VSW was founded in 1969 by photographer, writer, curator and educator, Nathan Lyons. VSW is artist-run and an educational and support center for photography, artist books, and other media art. VSW ran a Master of Fine Arts (MFA) program through SUNY Buffalo until 1981, and then through State University of New York at Brockport until 2022. Since its inception, VSW has had connections with regional artists and communities involved with early experimental video and media access, including Experimental Television Center, Steina and Woody Vasulka, the Videofreex, and in particular, Rochester's grassroots media access organization, Portable Channel.

Education 
In the Winter 1961 issue of Aperture, Nathan Lyons described the very first photography workshops he led that would eventually lead to the formation of Visual Studies Workshop. These workshops began in 1959 and centered around "discussion concerning 'creative photography'" and the texts of György Kepes and László Moholy-Nagy. In 1968, Lyons proposed a program in Photographic Studies to Eric Larrabee, the provost of SUNY Buffalo. The proposal included Lyons, Beaumont Newhall, and John Wood as instructors. This led to a pilot program at the  George Eastman Museum, where Lyons was curator, and following Lyons' resignation from the museum, the founding of VSW in 1969.

Starting in 1969, Visual Studies Workshop offered a Master of Fine Arts (MFA) degree through SUNY Buffalo, a program with a focus on expanding the potential for photography, books, and media arts. American photographer Charles H. Traub described VSW as the "first school to stimulate curatorial interest in photography." This environment differed from a traditional arts-academic setting, with students from a range of backgrounds that were not exclusive to visual arts. The MFA program was interdisciplinary, with Lyons describing it as "a more collective activity." Later, the MFA program was transferred to SUNY Brockport, where it accepted new students until 2022.

A diverse range of artists have taught at, published through, and stayed in-residence at VSW, including Jacki Apple, Ulises Carrión, Robert Frank, Nam June Paik, Keith A. Smith, Buzz Spector, and many others.

Collections 
VSW maintains both archival and research collections of photography, independent film and video, electronic imaging, visual books and the publication arts. The Research Center hosts the Independent Press Archive which is one of the largest collections of artists’ books in the northeast with around 27,000 prints from 19th century vernacular images to contemporary experimental works. The Soibelman Picture Agency Archives is also present with around 40,000 international press images from the 1920s and 30s. The collection also contains Joseph Selle’s Fox Movie Flash Archive with an estimated 800,000 images of people on the streets of San Francisco in the 1940s to the 1960s. VSW also holds the archives of Lejaren à Hiller who was an American illustrator and photographer and who is widely known for American photographic illustration.

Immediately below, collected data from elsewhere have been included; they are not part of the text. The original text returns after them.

//! A law about key moments.

ghost use Rattle.std.specs.Prelude.{◌≡◌, ◌++◌, ℕ, List};
ghost use Rattle.host_decoder.specs.Decoder.{host_message};
ghost use Rattle.host_decoder.specs.Updates.{updates};
ghost use Rattle.byte_reading.specs.Reading.{rest};
ghost use Rattle.raster.specs.Screen.{LooksLike};
ghost use Rattle.raster.specs.Update.{screen};
ghost use Rattle.recording.specs.Recording.{Block};
ghost use Rattle.recording_index.specs.IndexBytes.{AreMoments};
ghost use Rattle.recording_index.specs.KeyMoments.{IsAt, IsIndexOf};
ghost use Rattle.recording_index.specs.declared.moment.KeyMoment.{KeyMoment};
ghost use Rattle.rebuilt_index.specs.Anew.{AreKeyMoments, IsKey, IsShownAnew};

/// A player that begins at a key moment shows, from where all of the screen is shown anew, the same as one that began
/// at the recording's beginning, whatever comes; and both stand at the same place in a message. The key moments that
/// were found are an index of the recording.
pub fn players_may_begin()
    ensures shows { (w h : ℕ) (before more later : List ℕ) → IsShownAnew w h before more
        → LooksLike w h
        (screen (updates w h (more ++ later))) (screen (updates w h ((before ++ more) ++ later))) }
    ensures stands { (w h : ℕ) (before more later : List ℕ) → IsShownAnew w h before more
        → rest (host_message w h) (more ++ later)
        ≡ rest (host_message w h) ((before ++ more) ++ later) }
    ensures index { (moments : List KeyMoment) (blocks : List Block) → AreKeyMoments moments blocks
        → IsIndexOf moments blocks }
{}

VSW holds the Portable Channel tape archive, over 900 magnetic tapes chronicling Rochester's history of grassroots activism and protest in the 1970s.

Afterimage 
Afterimage: The Journal of Media Arts and Cultural Criticism was founded in 1972 by Nathan Lyons. From its inaugural issue, the magazine aimed to pose "a challenge to existing centres of practice and education" as well as "to institutional hierarchies, widening the remit of art criticism and theoretical debate and engaging directly with context, community and issues of accountability."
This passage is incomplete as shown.